- Coinbase erwirbt Liquifi, eine Plattform für Token-Management, die führende Web3-Akteure wie Uniswap Foundation und OP Labs bedient.
- Dies ist die vierte bedeutende Akquisition von Coinbase im Jahr 2025, nach dem Kauf von Spindl, Iron Fish und Deribit.
- Liquifi ermöglicht es Krypto-Projekten, die Token-Verteilung zu verwalten und Steuerabzüge effektiv zu automatisieren.
- Die Akquisition steht im Einklang mit der Strategie von Coinbase, eine umfassende End-to-End-Plattform für Krypto-Projekte zu entwickeln.
Coinbase Erwirbt Token-Management-Plattform Liquifi
In einem ambitionierten Schritt zur Verbesserung seiner Fähigkeiten im Kryptowährungssektor hat Coinbase die Übernahme von Liquifi, einer spezialisierten Plattform im Bereich des Token-Managements, bekannt gegeben. Diese strategische Akquisition soll die Infrastruktur von Coinbase stärken, indem sie eine effiziente Abwicklung von Token-Verteilungsprozessen für prominente Web3-Entitäten wie die Uniswap Foundation und OP Labs ermöglicht.
Erweiterung der Horizonte: Die Bedeutung der Akquisition
Die finanziellen Details des Geschäfts bleiben ungenannt; jedoch markiert dies die vierte bedeutende Akquisition von Coinbase im Jahr 2025. Frühere Akquisitionen umfassen Spindl, Iron Fish und Deribit—ein bemerkenswerter Kauf im Wert von 2,9 Milliarden Dollar, der als einer der größten in der Branche anerkannt ist. Diese strategischen Schritte demonstrieren das Engagement von Coinbase, seinen operativen Umfang innerhalb des sich schnell entwickelnden Kryptomarkts zu erweitern.
Liquifi zeichnet sich dadurch aus, dass es Dienstleistungen ähnlich wie Carta, aber für Kryptowährungen maßgeschneidert, anbietet.
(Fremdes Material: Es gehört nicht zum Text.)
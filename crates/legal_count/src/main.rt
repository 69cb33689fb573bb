//! Writes for each FEN on standard input, one per line, how many legal moves the position has and their SANs, in the
//! order of the list; for any other line its number and the FEN's fault.
#![tactic(auto)]

use chess_bits::{AttackTables, Bits};
use chess_fen::read_fen;
use chess_moves::Board;
use chess_text::san;
use std::alloc::Global;
use std::io::{self, BufRead, BufReader, BufWriter, Write};

// Writes a line with the number of legal moves at the board's position, and the SAN of each.
fn write_moves<B: Board, W: Write>(board: &mut B, output: &mut W) -> io::Result<()> {
    let moves = board.legal_moves();
    write!(output, "{}", moves.len())?;
    for m in moves.as_slice() {
        // `san` requires a legal move. Each move of the list is one, but the loop forgets it.
        if board.is_legal(m) {
            output.write_all(b" ")?;
            output.write_all(san(board, *m).as_slice())?;
        }
    }
    writeln!(output)
}

// Writes a line for each line of the input: the legal moves of a FEN's position, or the line's number and its fault.
fn answer<R: BufRead + Drop, W: Write>(alloc: Global, input: R, output: &mut W) -> io::Result<()> {
    let tables = AttackTables::open(alloc)?;
    let mut board = Bits::new(&tables);
    for (index, line) in input.lines(alloc).enumerate() {
        match read_fen(line?.as_bytes()) {
            Ok(position) => {
                board.set(&position);
                write_moves(&mut board, output)?;
            }
            Err(fault) => writeln!(output, "line {}: {}", index + 1, fault.name())?,
        }
    }
    output.flush()
}

// Answers standard input on standard output.
fn main(rt: HostRuntime) -> io::Result<()> {
    let input = BufReader::new(rt.alloc(), rt.reader())?;
    let mut output = BufWriter::new(rt.alloc(), io::writer(&rt))?;
    answer(rt.alloc(), input, &mut output)
}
Es glänzt in der Verwaltung von Token-Verteilungen nach der Sperrfrist, der Überwachung der Anteile von Stakeholdern und der Automatisierung von Steuerprozessen—Elemente, die entscheidend für die Rationalisierung von Krypto-Operationen sind.
Strategische Implikationen: Auf dem Weg zu einer End-to-End-Krypto-Plattform
Die Übernahme von Liquifi signalisiert die Absicht von Coinbase, eine End-to-End-Plattform zu entwickeln, die Krypto-Projekte nahtlos von der Token-Erstellung bis zur Listung an Börsen führt. Diese Initiative ist eine direkte Antwort auf die Launchpad-Modelle, die von Wettbewerbern wie Binance und OKX übernommen wurden. Solche Plattformen generieren Einnahmen, noch bevor Tokens auf den Markt kommen.
Trotz regulatorischer Herausforderungen unter der vorherigen U.S. Securities and Exchange Commission unter der Leitung von Gary Gensler—wo viele Kryptowährungen als Wertpapiere eingestuft wurden—bietet die derzeitige pro-Krypto-Administration unter Präsident Donald Trump ein günstigeres Umfeld für ehrgeizige Unternehmungen wie diese.
Navigieren durch regulatorische Landschaften
Aklil Ibsaa von Coinbase betont, dass regulatorische Klarheit jetzt mutigere Aktionen innerhalb der Branche ermöglicht. Diese neu gewonnene regulatorische Sicherheit befähigt Unternehmen wie Coinbase, strategische Expansionen ohne Hindernisse zu verfolgen.
Währenddessen setzen andere große Akteure ihre Aktivitäten fort; Stripe hat kürzlich Bridge und Privy erworben—ein Zeugnis für die anhaltende Dynamik innerhalb des Kryptobereichs.
In den jüngsten Nachrichten hat Coinbase auch eine Lizenz unter den europäischen Vorschriften für Märkte in Krypto-Assets (MiCA) gesichert, was einen weiteren Meilenstein in ihren globalen Expansionsbemühungen markiert.
Durch das Vorantreiben umfassender Lösungen mit Akquisitionen wie Liquifi festigt Coinbase nicht nur seine Position, sondern ebnet auch neue Wege im Kryptowährungsmanagement—mit dem letztendlichen Ziel, Millionen in Web3-Innovationen zu integrieren.